Start of Material provided

//! A file that is read in pieces.
ghost use Rattle.std.specs.Prelude.{◌≡◌, ℕ, ◌+◌, ◌≤◌, List, [], ◌++◌, length, vec_len, IfOk, IfErr, OnOk};
ghost use Rattle.nquads_reader.specs.Pieces.{StandsFor};
ghost use Rattle.rdfc_cli.specs.Answers.{seen};
ghost use Rattle.rdfc_cli.specs.FileFaults.{IsFed, IsFileFault};
ghost use Rattle.rdfc_cli.specs.Words.{Syntax};
ghost use Rattle.rdfc_cli.specs.declared.files.FileFault.TheVariants.{Failed as Fault, NoMemory as Memory};

use crate::status::Cause;
use nquads_reader::{LineReader, MOST_BYTES};
use outside::{Failed, Shelf};
use rdf_terms::NoMemory;
use std::alloc::Global;

/// The most bytes that a file may have.
pub const FILE_LIMIT: usize = 268_435_456;

// How many bytes are asked for at once.
const PIECE_LEN: usize = 65_536;

// Why a file gave no dataset.
#[derive(Clone, Copy, Debug, PartialEq, Eq)]
pub(crate) enum FileFault {
    Failed,
    Refused(Cause),
    NoMemory,
}

impl From<Failed> for FileFault {
    ghost from_gives = { λ _ e. e ≡ Fault };

    fn from(_: Failed) -> Self {
        FileFault::Failed
    }
}

impl From<NoMemory> for FileFault {
    ghost from_gives = { λ _ e. e ≡ Memory };

    fn from(_: NoMemory) -> Self {
        FileFault::NoMemory
    }
}

fn zeros(alloc: Global, len: usize) -> Result<Vec<u8>, NoMemory>
    ensures { IfOk result (λ v. vec_len v ≡ len) }
{
    Ok(vec![in alloc; 0u8; len]?)
}

// What takes the bytes of a file, one piece after the other.
pub(crate) trait Intake {
    /// Whether it took exactly these bytes.
    ghost holds: { Self → List ℕ → Type 0 };

    fn take(&mut self, piece: &[u8]) -> Result<(), NoMemory>
        requires { (bytes : List ℕ) × holds self.old bytes × (length bytes + length piece.now ≤ MOST_BYTES) }
        ensures { (bytes : List ℕ) → holds self.old bytes → OnOk result (holds self.new (bytes ++ piece.now)) };
}

impl Intake for LineReader {
    ghost holds = { StandsFor };

    fn take(&mut self, piece: &[u8]) -> Result<(), NoMemory> {
        self.feed(piece)
    }
}

impl Intake for Vec<u8> {
    ghost holds = { λ v bytes. v.items ≡ bytes };

    fn take(&mut self, piece: &[u8]) -> Result<(), NoMemory> {
        self.extend_from_slice(piece)?;
        Ok(())
    }
}

// What is left of the intake when it took a whole file. The first call that fails ends the reading, and so does the
// first byte past the limit; what was taken is given up then.
pub(crate) fn feed_file<S: Shelf, I: Intake + Drop>(
    alloc: Global,
    intake: I,
    shelf: &mut S,
    name: &str,
) -> Result<I, FileFault>
    requires { I.holds intake [] }
    ensures fed { IfOk result (IsFed I.holds (S.told shelf.old name.now)) }
    ensures fault { (syntax : Syntax) → IfErr result (IsFileFault (seen syntax S.told S.faults shelf.old shelf.new name.now)) }
    ensures told { (other : List ℕ) → S.told shelf.new other ≡ S.told shelf.old other }
    ensures never_fell { (other : List ℕ) → S.faults shelf.old other ≤ S.faults shelf.new other }
{
    let mut intake = intake;
    let mut piece = zeros(alloc, PIECE_LEN)?;
    let mut total = 0;
    shelf.start(name)?;
    while total <= FILE_LIMIT {
        let count = shelf.next(name, &mut piece)?;
        if count == 0 {
            return Ok(intake);
        }
        intake.take(&piece[..count])?;
        total += count;
    }
    Err(FileFault::Refused(Cause::TooLong))
}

End of Material provided

Where does the word "ghost" occur in the data? Copy every line that has it.

ghost use Rattle.std.specs.Prelude.{◌≡◌, ℕ, ◌+◌, ◌≤◌, List, [], ◌++◌, length, vec_len, IfOk, IfErr, OnOk};
ghost use Rattle.nquads_reader.specs.Pieces.{StandsFor};
ghost use Rattle.rdfc_cli.specs.Answers.{seen};
ghost use Rattle.rdfc_cli.specs.FileFaults.{IsFed, IsFileFault};
ghost use Rattle.rdfc_cli.specs.Words.{Syntax};
ghost use Rattle.rdfc_cli.specs.declared.files.FileFault.TheVariants.{Failed as Fault, NoMemory as Memory};
    ghost from_gives = { λ _ e. e ≡ Fault };
    ghost from_gives = { λ _ e. e ≡ Memory };
    ghost holds: { Self → List ℕ → Type 0 };
    ghost holds = { StandsFor };
    ghost holds = { λ v bytes. v.items ≡ bytes };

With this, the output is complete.